Answer: B) Buffers resist changes in pH by donating or accepting protons
Explanation: Buffers maintain pH stability by absorbing excess H⁺ or OH⁻, preventing drastic pH fluctuations in biological systems.

99. What effect does increasing substrate concentration have on a reaction with a fixed amount of enzyme?

• A) Increases reaction rate indefinitely
• B) Decreases reaction rate
• C) Increases reaction rate until Vmax is reached
• D) Has no effect

Answer: C) Increases reaction rate until Vmax is reached
Explanation: Reaction velocity increases with substrate concentration but eventually plateaus at Vmax when all enzyme active sites are occupied.

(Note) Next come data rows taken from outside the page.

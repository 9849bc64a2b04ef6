// A stored mesh printed.
ghost use Rattle.rules.specs.Exits.{decoded};
ghost use Rattle.rules.specs.Sheet.{mesh_text};
ghost use Rattle.lines.specs.Print.{Printed};
ghost use Rattle.stored.specs.Stored.{lent_of};
ghost use Rattle.sheet.specs.Printable.{Printable};

use crate::rows::{put_mesh_line, put_polygons, put_vertices};
use stored::area::mesh_area;

// The mesh of n polygons of nvp words each, and of k vertices: its counts and area, its vertices, its polygons with their links.
pub fn put_mesh(
    out: &mut [u8],
    at: usize,
    nvp: usize,
    n: usize,
    k: usize,
    vertices: &[u16],
    polygons: &[u16],
    neighbours: &[u32],
    regions: &[u16],
    codes: &[u8],
) -> usize
    requires { Printable out.old at nvp n k vertices.now polygons.now neighbours.now regions.now codes.now }
    ensures { Printed (mesh_text (decoded nvp n k (lent_of vertices.now polygons.now neighbours.now regions.now codes.now))) out.old out.new at result }
{
    let area = mesh_area(nvp, n, k, vertices, polygons);
    let a = put_mesh_line(out, at, k as u64, n as u64, area);
    let b = put_vertices(out, a, k, vertices);
    put_polygons(out, b, nvp, n, polygons, neighbours, regions, codes)
}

100. What is the primary function of the bicarbonate buffer system?

• A) Maintain osmotic pressure
• B) Regulate body temperature
• C) Maintain blood pH homeostasis
• D) Assist in protein synthesis

Answer: C) Maintain blood pH homeostasis
Explanation: The bicarbonate buffer system (H₂CO₃/HCO₃⁻) is the primary extracellular buffer, preventing excessive acid-base imbalances in the blood.